--- WHAT IS BEING ASKED ---
In the records below, find the line with "filename crates/model/src/size.rt" and the line with "let size = model.len() as u64;". Print both exactly, along with every line between them, and no other line.
────────
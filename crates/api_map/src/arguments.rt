//! What arguments are: maps, entries, and collections with keys.
ghost use Rattle.std.specs.Prelude.{◌≡◌, IfNone, IfSome, None, Some, slice_get};
ghost use Rattle.api_map.specs.Arguments as spec;

use member_arguments::object_at;
use object_heap::Heap;
use object_values::{Object, Part, Value};

/// A collection with keys.
#[derive(Clone, Copy)]
pub enum Keyed {
    /// A set.
    Set(u32),
    /// A view of a part of a map.
    View(u32, Part),
}

/// The set itself, or the map that is shown.
pub fn holder_of(keyed: Keyed) -> u32
    ensures { result ≡ spec.holder_of keyed }
{
    match keyed {
        Keyed::Set(id) => id,
        Keyed::View(map, _) => map,
    }
}

fn map_in(id: u32, object: &Object) -> Option<u32>
    ensures { result ≡ spec.if_map id (Some object.now) }
{
    match object {
        Object::Map { .. } => Some(id),
        _ => None,
    }
}

fn map_found(heap: &Heap, id: u32) -> Option<u32>
    ensures { result ≡ spec.if_map id (slice_get heap.now.objects id) }
{
    match heap.get(id) {
        Some(object) => map_in(id, object),
        None => None,
    }
}

/// The map at a place.
pub fn map_at(heap: &Heap, args: &[Value], at: usize) -> Option<u32>
    ensures { result ≡ spec.map_at heap.now.objects args.now at }
{
    match object_at(args, at) {
        Some(id) => map_found(heap, id),
        None => None,
    }
}

fn keyed_in(id: u32, object: &Object) -> Option<Keyed>
    ensures { result ≡ spec.if_keyed id (Some object.now) }
{
    match object {
        Object::Set { .. } => Some(Keyed::Set(id)),
        Object::View { map, part } => Some(Keyed::View(*map, *part)),
        _ => None,
    }
}

fn keyed_found(heap: &Heap, id: u32) -> Option<Keyed>
    ensures { result ≡ spec.if_keyed id (slice_get heap.now.objects id) }
{
    match heap.get(id) {
        Some(object) => keyed_in(id, object),
        None => None,
    }
}

/// The collection with keys at a place.
pub fn keyed_at(heap: &Heap, args: &[Value], at: usize) -> Option<Keyed>
    ensures { result ≡ spec.keyed_at heap.now.objects args.now at }
{
    match object_at(args, at) {
        Some(id) => keyed_found(heap, id),
        None => None,
    }
}

// The map and the key of an entry.
fn entry_in(object: &Object) -> Option<(u32, &Value)>
    ensures none { IfNone result (spec.if_entry (Some object.now) ≡ None) }
    ensures some { IfSome result (λ entry. spec.if_entry (Some object.now) ≡ Some (entry.0, entry.1.now)) }
{
    match object {
        Object::Entry { map, key } => Some((*map, key)),
        _ => None,
    }
}

fn entry_found(heap: &Heap, id: u32) -> Option<(u32, &Value)>
    ensures none { IfNone result (spec.if_entry (slice_get heap.now.objects id) ≡ None) }
    ensures some { IfSome result (λ entry. spec.if_entry (slice_get heap.now.objects id) ≡ Some (entry.0, entry.1.now)) }
{
    match heap.get(id) {
        Some(object) => entry_in(object),
        None => None,
    }
}

/// The map and the key of the entry that a value is.
pub fn entry_of<'a>(heap: &'a Heap, value: &Value) -> Option<(u32, &'a Value)>
    ensures none { IfNone result (spec.entry_of heap.now.objects value.now ≡ None) }
    ensures some { IfSome result (λ entry. spec.entry_of heap.now.objects value.now ≡ Some (entry.0, entry.1.now)) }
{
    match value {
        Value::Ref(id) => entry_found(heap, *id),
        _ => None,
    }
}

/// The map and the key of the entry at a place.
pub fn entry_at<'a>(heap: &'a Heap, args: &[Value], at: usize) -> Option<(u32, &'a Value)>
    ensures none { IfNone result (spec.entry_at heap.now.objects args.now at ≡ None) }
    ensures some { IfSome result (λ entry. spec.entry_at heap.now.objects args.now at ≡ Some (entry.0, entry.1.now)) }
{
    match object_at(args, at) {
        Some(id) => entry_found(heap, id),
        None => None,
    }
}
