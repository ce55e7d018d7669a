// One run over the clauses of the formula finds the lowest false hard clause and adds up the falsified soft weight.
ghost use Rattle.instance.specs.Answers.{instance_of};
ghost use Rattle.instance.specs.Stores.{Stores};
ghost use Rattle.sizes.specs.Measured.{SizedBy};
ghost use Rattle.model.specs.Truth.{TruthOf};

use clauses::write_formula;
use constraint::Head;
use sink::{Job, Mode, Sink};
use sizing::Size;

// The file's events and groups stand in the tables; list is a store for a constraint's list. Nothing is written but list.
pub fn truth_of(
    file: &[u8],
    model: &[u8],
    head: Head,
    size: Size,
    durations: &[u8],
    resources: &[u8],
    groups: &[u8],
    list: &mut [u16],
) -> Sink
    requires { SizedBy file.now durations.now resources.now groups.now head size × Stores file.now durations.now resources.now groups.now list.old }
    ensures { TruthOf (instance_of file.now durations.now resources.now groups.now head) model.now result }
{
    let mut text = [0u8; 1];
    let mut words = [0u32; 1];
    let mode = Mode::Evaluate;
    let job = Job {
        mode,
        top: 0,
        cols: 0,
    };
    let start = Sink {
        at: 0,
        bad: 0,
        lost: 0,
        prev: 0,
        row: 0,
    };
    write_formula(
        job, model, &mut text, &mut words, start, file, head, durations, resources, groups, list,
    )
}
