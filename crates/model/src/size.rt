// Refusals 10 and 11: whether a model has a byte, 0 or 1, for each variable.
ghost use Rattle.model.specs.Answers.{FormOf};

use scope::{Reason, Refusal};
use timetable::bytes::first_above;

// Whether bytes may be a model.
pub fn form_of(model: &[u8], variables: u64) -> Result<(), Refusal>
    ensures { FormOf variables model.now result }
{
    let size = model.len() as u64;
    if size != variables {
        return Err(Refusal {
            reason: Reason::WrongLength,
            value: variables,
        });
    }
    match first_above(model) {
        Some(k) => Err(Refusal {
            reason: Reason::AboveOne,
            value: k,
        }),
        None => Ok(()),
    }
}
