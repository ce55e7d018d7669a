// The operation that evaluates a model. It asks nothing of the caller.
ghost use Rattle.std.specs.Prelude.{◌≡◌, ◌*◌, ◌≤◌, length};
ghost use Rattle.tables.specs.Room.{group_room};
ghost use Rattle.instance.specs.Start.{SizesIn};
ghost use Rattle.instance.specs.Stores.{Stores};
ghost use Rattle.sizes.specs.Measured.{SizedBy};
ghost use Rattle.model.specs.Answers.{EvaluatedAs};

use crate::size::form_of;
use crate::truth::truth_of;
use constraint::Head;
use evaluation::{Evaluation, judge};
use sizes::measure;
use sizing::Size;

// How many bytes hold Y and S.
fn part_size(head: Head) -> usize
    requires { SizesIn head.times head.events head.resources }
    ensures { result ≡ 2 * (head.events * head.times) }
{
    let cells = head.events as usize * head.times as usize;
    2 * cells
}

// A model for a file that was read and sized: 10, 11, then 13.
pub fn evaluate_read(
    file: &[u8],
    model: &[u8],
    head: Head,
    size: Size,
    durations: &[u8],
    resources: &[u8],
    groups: &[u8],
    list: &mut [u16],
) -> Evaluation
    requires { SizedBy file.now durations.now resources.now groups.now head size × Stores file.now durations.now resources.now groups.now list.old }
    ensures { EvaluatedAs file.now model.now result }
{
    form_of(model, size.variables)?;
    let s = truth_of(file, model, head, size, durations, resources, groups, list);
    let part = part_size(head);
    judge(s.bad, s.lost, part)
}

// The evaluation, with a table for the groups that has the rows that the file may need.
fn evaluate_in(file: &[u8], model: &[u8], groups: &mut [u8]) -> Evaluation
    requires { group_room file.now * 126 ≤ length groups.old }
    ensures { EvaluatedAs file.now model.now result }
{
    let mut durations = tables::durations();
    let mut resources = tables::resource_rows();
    let mut list = tables::list();
    let (head, size) = measure(file, &mut durations, &mut resources, groups, &mut list)?;
    evaluate_read(
        file, model, head, size, &durations, &resources, groups, &mut list,
    )
}

// The length of the part with Y and S and the falsified soft weight, or refusals 1 to 6, 8, 10, 11, 13, 19 and 22. One run over the
// clauses serves both; the work is linear in the formula. It is a call of its own, so that its tables are gone from the stack when a
// caller goes on.
#[inline(never)]
pub fn evaluate(file: &[u8], model: &[u8]) -> Evaluation
    ensures { EvaluatedAs file.now model.now result }
{
    tables::with_groups(file, |groups| evaluate_in(file, model, groups))
}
────────
--- RESPONSE AREA ---
filename crates/model/src/size.rt
// Refusals 10 and 11: whether a model has a byte, 0 or 1, for each variable.
ghost use Rattle.model.specs.Answers.{FormOf};

use scope::{Reason, Refusal};
use timetable::bytes::first_above;

// Whether bytes may be a model.
pub fn form_of(model: &[u8], variables: u64) -> Result<(), Refusal>
    ensures { FormOf variables model.now result }
{
    let size = model.len() as u64;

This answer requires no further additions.